◆ What needs to be done ◆
Please print the entries below exactly, from the line with "number (record taking" through the line with "entry under a number.", including both of those lines and leaving out all others.

◆ Dataset records ◆
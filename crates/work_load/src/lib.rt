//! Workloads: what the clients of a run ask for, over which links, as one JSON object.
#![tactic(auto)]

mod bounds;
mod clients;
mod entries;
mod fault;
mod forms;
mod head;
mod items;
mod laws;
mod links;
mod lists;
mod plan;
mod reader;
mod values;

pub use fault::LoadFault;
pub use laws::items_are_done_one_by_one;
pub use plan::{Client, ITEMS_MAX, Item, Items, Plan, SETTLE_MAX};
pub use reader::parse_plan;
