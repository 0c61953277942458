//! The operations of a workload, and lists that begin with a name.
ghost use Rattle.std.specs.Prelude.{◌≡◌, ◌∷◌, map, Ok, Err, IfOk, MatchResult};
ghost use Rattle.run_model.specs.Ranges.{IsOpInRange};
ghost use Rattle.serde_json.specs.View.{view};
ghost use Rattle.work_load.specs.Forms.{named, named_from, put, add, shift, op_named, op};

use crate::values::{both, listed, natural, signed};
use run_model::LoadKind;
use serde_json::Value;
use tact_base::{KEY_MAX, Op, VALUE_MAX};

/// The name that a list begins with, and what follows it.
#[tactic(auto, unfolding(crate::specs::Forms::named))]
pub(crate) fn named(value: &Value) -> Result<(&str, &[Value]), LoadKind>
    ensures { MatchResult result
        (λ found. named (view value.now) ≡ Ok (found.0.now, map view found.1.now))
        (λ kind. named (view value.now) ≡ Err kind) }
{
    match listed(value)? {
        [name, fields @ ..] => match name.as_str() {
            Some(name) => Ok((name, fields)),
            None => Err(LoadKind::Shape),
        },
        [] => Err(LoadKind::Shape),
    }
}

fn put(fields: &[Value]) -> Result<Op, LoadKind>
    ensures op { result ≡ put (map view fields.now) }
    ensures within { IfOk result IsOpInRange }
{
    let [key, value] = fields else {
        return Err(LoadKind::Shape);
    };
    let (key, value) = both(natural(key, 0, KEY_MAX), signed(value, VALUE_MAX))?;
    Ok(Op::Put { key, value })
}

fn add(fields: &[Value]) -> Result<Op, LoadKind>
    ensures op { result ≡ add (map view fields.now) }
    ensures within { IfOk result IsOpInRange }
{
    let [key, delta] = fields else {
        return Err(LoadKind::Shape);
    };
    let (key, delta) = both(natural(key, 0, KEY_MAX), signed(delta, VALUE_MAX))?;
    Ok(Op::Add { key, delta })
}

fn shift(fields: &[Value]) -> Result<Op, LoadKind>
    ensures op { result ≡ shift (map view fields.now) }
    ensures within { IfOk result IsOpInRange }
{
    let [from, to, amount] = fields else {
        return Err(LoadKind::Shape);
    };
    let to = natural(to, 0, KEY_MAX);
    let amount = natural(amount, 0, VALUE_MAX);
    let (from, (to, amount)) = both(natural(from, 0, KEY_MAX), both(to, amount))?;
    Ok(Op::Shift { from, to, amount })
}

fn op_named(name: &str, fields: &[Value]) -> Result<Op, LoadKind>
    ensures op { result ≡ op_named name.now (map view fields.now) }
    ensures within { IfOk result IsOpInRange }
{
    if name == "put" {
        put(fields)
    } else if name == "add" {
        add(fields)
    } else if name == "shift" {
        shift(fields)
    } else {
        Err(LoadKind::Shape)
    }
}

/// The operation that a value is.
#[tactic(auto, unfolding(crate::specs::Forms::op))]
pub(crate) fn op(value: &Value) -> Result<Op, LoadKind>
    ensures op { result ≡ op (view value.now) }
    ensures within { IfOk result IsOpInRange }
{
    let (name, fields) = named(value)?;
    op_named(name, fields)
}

--

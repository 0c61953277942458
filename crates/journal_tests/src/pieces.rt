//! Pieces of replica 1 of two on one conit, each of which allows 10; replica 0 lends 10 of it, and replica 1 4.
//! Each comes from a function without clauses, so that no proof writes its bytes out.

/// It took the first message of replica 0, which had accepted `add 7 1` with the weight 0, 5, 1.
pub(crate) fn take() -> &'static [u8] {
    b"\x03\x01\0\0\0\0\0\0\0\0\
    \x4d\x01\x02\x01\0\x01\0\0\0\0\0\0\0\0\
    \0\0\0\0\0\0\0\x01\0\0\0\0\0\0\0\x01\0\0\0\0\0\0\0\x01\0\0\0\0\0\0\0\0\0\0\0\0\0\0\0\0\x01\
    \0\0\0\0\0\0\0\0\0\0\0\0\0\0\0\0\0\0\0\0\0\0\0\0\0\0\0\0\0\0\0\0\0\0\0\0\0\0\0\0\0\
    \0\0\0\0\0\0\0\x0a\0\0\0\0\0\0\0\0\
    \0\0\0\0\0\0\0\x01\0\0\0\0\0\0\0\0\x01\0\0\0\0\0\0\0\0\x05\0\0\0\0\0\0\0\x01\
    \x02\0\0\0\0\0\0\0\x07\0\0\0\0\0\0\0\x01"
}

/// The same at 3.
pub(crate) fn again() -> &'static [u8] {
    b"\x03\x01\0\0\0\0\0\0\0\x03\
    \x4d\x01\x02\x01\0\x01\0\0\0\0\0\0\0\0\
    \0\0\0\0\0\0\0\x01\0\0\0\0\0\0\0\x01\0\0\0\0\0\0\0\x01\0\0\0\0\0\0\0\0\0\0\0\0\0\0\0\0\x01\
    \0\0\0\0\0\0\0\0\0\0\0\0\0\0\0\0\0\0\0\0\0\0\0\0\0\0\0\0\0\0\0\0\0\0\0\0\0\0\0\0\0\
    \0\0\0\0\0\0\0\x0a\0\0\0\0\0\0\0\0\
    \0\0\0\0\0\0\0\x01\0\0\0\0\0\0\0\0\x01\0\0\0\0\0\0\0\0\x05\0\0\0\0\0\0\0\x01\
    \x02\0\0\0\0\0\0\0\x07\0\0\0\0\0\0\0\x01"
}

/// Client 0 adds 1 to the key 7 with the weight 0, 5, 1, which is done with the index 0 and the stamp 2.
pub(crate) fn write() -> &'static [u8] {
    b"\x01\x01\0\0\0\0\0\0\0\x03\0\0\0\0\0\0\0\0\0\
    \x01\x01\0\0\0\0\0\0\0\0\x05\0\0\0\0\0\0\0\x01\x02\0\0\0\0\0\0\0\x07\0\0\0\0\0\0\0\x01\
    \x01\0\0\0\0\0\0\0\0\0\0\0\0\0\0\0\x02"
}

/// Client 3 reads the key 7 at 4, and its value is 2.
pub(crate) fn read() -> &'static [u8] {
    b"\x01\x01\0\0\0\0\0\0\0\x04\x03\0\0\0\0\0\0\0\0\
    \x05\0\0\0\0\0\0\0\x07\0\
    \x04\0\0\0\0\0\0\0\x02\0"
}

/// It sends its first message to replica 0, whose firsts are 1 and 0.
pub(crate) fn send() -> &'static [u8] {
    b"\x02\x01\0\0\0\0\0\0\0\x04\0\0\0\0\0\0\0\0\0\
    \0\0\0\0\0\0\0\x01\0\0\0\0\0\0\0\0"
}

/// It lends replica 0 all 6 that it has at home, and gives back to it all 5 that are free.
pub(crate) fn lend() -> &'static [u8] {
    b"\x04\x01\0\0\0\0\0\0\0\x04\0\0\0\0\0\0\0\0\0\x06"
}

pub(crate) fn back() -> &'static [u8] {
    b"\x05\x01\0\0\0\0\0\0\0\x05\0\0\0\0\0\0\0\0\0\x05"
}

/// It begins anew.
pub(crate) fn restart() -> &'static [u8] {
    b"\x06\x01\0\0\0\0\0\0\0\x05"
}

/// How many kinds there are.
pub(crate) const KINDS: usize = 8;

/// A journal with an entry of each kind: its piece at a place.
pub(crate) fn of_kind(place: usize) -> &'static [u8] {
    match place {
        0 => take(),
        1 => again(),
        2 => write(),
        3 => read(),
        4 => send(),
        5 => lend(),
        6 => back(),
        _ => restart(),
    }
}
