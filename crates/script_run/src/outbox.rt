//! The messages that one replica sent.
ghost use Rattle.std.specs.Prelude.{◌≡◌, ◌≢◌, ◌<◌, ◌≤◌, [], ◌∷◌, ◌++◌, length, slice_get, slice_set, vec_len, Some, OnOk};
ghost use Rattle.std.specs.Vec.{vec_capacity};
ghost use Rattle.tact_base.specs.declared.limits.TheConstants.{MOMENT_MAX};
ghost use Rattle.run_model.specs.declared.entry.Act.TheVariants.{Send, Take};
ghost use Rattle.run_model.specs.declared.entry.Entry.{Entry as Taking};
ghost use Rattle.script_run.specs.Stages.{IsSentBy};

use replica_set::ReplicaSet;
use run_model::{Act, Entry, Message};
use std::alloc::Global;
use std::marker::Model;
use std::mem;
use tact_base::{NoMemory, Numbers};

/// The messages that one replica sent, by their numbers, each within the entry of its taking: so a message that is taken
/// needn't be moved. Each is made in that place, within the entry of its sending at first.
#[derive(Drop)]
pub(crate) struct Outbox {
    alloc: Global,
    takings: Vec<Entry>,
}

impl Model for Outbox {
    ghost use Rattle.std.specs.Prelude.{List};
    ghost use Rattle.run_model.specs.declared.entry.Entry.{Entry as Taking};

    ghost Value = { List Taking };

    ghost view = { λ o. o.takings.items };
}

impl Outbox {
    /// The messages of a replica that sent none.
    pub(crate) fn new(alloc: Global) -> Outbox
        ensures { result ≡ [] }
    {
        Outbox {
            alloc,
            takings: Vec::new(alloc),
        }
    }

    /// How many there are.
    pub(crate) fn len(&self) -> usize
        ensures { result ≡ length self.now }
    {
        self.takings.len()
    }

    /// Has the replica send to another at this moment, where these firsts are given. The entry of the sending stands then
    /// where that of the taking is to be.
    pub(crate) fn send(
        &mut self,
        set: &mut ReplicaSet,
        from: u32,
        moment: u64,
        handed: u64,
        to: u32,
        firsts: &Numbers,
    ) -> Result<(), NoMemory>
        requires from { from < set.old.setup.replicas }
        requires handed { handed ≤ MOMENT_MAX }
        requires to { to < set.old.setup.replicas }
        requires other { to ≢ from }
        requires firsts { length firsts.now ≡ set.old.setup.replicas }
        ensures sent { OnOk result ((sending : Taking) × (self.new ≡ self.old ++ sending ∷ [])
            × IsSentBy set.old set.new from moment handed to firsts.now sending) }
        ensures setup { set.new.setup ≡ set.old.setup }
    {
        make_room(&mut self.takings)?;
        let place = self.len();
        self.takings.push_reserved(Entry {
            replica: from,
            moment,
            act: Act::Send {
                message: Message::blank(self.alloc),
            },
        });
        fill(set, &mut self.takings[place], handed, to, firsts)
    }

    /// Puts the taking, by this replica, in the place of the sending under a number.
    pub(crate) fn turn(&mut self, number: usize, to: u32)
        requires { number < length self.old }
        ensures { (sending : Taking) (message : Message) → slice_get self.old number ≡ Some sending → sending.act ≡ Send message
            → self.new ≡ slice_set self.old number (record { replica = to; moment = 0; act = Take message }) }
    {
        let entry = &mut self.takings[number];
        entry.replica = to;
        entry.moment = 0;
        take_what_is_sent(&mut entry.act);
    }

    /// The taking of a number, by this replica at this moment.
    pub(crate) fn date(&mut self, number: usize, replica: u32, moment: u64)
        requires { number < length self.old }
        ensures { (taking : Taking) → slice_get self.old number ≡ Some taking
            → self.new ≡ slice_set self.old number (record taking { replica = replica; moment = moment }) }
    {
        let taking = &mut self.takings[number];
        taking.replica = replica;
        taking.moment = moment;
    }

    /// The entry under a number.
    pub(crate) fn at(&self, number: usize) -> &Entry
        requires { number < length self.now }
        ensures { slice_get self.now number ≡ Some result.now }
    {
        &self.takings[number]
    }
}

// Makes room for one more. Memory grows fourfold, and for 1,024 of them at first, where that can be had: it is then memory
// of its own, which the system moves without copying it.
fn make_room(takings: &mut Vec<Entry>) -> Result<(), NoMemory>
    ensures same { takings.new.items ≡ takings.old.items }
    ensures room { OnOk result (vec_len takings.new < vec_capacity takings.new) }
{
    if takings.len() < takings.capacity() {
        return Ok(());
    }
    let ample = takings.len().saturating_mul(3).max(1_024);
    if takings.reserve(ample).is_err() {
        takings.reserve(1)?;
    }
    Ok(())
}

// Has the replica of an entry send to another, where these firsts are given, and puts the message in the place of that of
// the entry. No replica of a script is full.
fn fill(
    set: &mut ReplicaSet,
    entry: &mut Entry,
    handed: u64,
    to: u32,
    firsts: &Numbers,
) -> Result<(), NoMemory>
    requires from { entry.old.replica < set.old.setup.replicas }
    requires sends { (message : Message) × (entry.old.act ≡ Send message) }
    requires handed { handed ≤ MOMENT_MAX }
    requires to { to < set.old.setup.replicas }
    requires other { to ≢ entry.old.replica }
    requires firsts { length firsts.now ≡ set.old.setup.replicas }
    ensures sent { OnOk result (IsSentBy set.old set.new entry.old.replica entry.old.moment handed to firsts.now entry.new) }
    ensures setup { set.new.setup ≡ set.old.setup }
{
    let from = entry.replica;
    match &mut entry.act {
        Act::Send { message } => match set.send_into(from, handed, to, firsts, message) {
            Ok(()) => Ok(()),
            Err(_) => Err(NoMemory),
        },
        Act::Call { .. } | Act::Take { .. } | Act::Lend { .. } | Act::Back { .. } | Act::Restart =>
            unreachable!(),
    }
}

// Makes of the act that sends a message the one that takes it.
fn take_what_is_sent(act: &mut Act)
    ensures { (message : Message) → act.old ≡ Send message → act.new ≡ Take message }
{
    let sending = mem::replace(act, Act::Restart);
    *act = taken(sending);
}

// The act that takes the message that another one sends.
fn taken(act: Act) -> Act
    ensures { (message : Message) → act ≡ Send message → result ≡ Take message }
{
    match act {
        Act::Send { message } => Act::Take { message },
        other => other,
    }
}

◆ Solution ◆
            → self.new ≡ slice_set self.old number (record taking { replica = replica; moment = moment }) }
    {
        let taking = &mut self.takings[number];
        taking.replica = replica;
        taking.moment = moment;
    }

    /// The entry under a number.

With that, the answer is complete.